== DATA SHOWN

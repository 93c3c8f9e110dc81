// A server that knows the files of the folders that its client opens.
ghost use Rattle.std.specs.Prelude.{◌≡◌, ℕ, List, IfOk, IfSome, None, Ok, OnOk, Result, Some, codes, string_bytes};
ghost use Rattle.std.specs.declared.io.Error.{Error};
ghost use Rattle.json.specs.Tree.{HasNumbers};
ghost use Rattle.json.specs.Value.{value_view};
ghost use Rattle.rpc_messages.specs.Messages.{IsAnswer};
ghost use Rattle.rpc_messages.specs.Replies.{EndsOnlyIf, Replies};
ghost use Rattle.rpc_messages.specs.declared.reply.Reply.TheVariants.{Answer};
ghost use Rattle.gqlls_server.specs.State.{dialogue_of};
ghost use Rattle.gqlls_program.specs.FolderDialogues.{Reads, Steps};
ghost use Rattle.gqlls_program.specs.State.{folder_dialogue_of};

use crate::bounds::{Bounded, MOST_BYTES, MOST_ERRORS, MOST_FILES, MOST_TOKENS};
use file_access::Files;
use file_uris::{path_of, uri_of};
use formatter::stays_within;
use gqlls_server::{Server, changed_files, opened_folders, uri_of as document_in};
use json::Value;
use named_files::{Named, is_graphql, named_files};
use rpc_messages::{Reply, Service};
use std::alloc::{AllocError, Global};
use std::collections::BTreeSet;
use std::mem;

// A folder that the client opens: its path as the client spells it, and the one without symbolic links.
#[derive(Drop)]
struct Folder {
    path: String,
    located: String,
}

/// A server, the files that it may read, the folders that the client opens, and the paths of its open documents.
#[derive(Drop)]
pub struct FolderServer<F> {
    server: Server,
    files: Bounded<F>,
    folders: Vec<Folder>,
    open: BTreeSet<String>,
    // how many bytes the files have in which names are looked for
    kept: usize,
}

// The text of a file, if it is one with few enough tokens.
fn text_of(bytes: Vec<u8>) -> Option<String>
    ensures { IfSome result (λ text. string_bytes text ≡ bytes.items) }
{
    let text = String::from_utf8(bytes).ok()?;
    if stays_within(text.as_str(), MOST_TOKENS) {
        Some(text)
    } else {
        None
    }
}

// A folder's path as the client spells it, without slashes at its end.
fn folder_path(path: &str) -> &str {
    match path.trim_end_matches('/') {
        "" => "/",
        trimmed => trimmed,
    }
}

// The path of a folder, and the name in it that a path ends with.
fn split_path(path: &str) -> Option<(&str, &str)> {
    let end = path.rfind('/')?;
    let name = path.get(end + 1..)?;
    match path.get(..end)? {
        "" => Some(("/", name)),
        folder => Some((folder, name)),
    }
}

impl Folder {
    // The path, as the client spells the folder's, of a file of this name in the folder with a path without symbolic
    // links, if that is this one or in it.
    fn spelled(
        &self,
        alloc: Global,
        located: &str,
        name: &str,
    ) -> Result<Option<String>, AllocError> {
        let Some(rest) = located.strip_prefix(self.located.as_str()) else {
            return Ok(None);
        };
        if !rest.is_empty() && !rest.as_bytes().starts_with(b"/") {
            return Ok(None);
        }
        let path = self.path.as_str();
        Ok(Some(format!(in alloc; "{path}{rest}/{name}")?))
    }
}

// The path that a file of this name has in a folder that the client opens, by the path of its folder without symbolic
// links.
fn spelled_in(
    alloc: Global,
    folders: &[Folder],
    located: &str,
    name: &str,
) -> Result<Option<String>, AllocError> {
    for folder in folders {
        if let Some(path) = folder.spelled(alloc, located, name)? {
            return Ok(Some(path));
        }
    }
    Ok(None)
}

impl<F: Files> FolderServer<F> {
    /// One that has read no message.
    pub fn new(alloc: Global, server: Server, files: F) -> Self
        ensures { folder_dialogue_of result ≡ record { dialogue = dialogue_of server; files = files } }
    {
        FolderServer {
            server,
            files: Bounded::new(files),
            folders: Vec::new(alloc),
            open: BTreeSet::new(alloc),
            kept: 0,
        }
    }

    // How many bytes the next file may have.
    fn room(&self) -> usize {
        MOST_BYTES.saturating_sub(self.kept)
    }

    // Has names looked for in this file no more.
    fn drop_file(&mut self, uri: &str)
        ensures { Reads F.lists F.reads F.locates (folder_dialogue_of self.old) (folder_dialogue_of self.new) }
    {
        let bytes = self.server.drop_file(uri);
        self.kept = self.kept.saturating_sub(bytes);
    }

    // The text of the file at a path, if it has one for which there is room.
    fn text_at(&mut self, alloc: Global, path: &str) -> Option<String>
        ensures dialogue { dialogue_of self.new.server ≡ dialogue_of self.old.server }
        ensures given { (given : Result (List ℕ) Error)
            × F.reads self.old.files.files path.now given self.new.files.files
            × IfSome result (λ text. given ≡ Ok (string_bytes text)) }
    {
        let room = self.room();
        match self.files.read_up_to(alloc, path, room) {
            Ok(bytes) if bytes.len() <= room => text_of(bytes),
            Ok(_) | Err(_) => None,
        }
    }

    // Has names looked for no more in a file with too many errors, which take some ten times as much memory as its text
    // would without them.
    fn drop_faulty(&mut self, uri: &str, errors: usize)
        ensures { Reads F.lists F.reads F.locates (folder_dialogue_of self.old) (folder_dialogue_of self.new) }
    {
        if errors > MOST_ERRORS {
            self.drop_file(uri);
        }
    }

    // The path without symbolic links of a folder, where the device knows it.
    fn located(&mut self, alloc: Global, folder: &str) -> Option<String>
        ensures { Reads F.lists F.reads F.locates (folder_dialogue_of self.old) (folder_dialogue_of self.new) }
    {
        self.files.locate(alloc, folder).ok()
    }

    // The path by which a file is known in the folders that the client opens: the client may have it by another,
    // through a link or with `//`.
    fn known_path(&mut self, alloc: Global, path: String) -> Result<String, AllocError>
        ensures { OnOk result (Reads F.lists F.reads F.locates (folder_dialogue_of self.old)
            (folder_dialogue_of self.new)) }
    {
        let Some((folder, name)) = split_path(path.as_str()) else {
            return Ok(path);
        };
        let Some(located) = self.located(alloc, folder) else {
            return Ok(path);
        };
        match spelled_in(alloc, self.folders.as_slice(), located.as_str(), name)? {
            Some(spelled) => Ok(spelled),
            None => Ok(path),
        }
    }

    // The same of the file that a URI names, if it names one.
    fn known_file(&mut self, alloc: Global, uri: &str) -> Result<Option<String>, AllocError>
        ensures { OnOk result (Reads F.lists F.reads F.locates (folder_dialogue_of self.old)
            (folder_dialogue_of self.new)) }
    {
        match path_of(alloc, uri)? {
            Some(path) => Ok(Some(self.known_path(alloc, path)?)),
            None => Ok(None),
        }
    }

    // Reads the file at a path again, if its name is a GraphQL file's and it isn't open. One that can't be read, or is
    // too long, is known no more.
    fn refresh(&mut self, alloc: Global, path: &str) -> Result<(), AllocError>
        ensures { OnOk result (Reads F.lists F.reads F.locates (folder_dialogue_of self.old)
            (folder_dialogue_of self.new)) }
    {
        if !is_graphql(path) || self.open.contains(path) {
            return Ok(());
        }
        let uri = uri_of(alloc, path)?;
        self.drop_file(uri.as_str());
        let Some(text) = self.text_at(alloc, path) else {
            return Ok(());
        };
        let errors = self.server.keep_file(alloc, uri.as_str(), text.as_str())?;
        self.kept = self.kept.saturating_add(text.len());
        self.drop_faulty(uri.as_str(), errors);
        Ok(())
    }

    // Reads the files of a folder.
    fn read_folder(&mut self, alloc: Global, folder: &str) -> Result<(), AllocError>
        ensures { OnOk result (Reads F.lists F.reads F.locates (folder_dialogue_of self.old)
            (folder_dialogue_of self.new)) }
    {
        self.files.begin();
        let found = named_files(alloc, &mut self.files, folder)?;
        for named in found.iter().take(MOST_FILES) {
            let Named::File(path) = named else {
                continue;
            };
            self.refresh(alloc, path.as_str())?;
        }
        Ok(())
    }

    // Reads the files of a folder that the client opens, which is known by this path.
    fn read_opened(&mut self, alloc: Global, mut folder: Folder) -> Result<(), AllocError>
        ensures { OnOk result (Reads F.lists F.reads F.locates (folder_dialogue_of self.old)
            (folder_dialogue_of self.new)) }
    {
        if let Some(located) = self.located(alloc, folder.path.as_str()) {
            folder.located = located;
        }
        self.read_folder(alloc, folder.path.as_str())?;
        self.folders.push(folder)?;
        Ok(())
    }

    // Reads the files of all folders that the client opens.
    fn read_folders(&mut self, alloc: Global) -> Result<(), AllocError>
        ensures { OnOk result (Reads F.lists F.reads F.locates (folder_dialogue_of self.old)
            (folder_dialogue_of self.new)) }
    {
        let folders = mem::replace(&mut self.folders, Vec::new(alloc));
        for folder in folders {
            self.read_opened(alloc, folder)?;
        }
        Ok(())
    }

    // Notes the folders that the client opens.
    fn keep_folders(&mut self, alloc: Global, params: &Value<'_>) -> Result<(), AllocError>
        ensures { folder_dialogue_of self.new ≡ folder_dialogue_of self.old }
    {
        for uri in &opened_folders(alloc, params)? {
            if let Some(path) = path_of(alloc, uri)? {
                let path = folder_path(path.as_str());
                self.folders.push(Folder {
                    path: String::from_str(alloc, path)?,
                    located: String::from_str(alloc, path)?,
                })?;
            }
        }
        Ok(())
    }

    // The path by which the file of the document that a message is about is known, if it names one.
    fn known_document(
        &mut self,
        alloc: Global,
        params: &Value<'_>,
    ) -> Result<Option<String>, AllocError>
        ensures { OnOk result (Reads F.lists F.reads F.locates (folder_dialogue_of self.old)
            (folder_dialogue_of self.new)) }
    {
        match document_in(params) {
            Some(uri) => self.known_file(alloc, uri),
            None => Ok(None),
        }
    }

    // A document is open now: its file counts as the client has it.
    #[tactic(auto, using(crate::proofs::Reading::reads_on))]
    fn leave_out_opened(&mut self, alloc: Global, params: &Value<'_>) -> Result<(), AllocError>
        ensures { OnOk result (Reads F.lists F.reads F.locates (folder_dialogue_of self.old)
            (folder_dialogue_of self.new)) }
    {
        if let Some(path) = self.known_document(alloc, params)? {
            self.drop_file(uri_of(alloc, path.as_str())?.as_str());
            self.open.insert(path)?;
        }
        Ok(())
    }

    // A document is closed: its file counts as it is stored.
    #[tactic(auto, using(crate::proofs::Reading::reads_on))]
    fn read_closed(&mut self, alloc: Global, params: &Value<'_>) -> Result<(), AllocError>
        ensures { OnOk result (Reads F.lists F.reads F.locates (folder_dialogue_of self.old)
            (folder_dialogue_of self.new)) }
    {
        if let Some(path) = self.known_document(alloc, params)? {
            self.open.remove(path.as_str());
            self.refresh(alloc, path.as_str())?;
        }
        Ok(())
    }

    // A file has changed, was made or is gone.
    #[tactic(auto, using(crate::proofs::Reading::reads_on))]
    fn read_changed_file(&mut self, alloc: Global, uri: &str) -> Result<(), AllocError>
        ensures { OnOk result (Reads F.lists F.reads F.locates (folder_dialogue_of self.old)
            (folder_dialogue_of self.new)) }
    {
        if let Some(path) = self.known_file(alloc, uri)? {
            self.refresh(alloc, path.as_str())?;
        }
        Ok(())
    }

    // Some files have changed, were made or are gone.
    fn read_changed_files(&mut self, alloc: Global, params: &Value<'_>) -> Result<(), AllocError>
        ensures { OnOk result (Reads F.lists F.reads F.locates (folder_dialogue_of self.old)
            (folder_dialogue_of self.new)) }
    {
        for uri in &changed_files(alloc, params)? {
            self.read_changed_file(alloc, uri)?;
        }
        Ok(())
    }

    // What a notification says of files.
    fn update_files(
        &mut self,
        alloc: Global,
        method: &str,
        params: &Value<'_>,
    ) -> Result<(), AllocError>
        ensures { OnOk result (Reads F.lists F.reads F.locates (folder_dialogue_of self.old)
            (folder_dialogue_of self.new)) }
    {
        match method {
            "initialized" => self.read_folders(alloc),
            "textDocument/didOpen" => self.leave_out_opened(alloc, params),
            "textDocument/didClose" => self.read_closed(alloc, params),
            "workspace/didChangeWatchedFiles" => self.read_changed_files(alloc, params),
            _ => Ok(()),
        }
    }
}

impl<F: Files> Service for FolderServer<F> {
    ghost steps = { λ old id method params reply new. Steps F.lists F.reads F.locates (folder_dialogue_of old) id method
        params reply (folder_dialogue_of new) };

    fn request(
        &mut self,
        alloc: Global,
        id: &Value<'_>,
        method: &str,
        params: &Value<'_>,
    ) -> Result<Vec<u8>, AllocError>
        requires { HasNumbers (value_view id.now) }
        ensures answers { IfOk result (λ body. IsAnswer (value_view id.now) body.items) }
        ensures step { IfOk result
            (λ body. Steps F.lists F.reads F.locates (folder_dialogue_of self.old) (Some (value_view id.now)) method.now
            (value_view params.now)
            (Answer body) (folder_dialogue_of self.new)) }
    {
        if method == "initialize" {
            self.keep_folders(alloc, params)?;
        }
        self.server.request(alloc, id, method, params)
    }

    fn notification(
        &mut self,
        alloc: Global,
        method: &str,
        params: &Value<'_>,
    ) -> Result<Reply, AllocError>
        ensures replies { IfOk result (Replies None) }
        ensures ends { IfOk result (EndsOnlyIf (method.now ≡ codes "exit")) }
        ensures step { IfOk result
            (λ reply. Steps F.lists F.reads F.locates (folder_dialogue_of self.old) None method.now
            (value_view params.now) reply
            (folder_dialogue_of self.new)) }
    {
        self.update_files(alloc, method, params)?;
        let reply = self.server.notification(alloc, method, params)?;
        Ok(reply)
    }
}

====
== DATA SHOWN

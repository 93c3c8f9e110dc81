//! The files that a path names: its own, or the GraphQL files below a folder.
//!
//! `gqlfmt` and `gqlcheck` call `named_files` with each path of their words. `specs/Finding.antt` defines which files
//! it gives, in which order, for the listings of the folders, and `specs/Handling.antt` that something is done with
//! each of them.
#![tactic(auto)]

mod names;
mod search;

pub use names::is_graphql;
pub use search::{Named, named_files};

====
== DATA SHOWN

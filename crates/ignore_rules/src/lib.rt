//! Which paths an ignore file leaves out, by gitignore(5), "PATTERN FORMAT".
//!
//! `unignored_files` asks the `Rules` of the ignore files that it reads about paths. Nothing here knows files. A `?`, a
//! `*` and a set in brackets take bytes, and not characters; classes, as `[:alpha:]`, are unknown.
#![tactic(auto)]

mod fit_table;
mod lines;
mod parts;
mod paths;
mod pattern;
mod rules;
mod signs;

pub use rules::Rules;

====

• _EXERCISE DIRECTIONS_:
The answer is the lines above between the line holding "self.kept = self.kept.saturating_add(text.len());" and the line holding "by this path.", inclusive, each written out exactly, and no others.

• _EXERCISE ANSWER_:
        self.kept = self.kept.saturating_add(text.len());
        self.drop_faulty(uri.as_str(), errors);
        Ok(())
    }

    // Reads the files of a folder.
    fn read_folder(&mut self, alloc: Global, folder: &str) -> Result<(), AllocError>
        ensures { OnOk result (Reads F.lists F.reads F.locates (folder_dialogue_of self.old)
            (folder_dialogue_of self.new)) }
    {
        self.files.begin();
        let found = named_files(alloc, &mut self.files, folder)?;
        for named in found.iter().take(MOST_FILES) {
            let Named::File(path) = named else {
                continue;
            };
            self.refresh(alloc, path.as_str())?;
        }
        Ok(())
    }

    // Reads the files of a folder that the client opens, which is known by this path.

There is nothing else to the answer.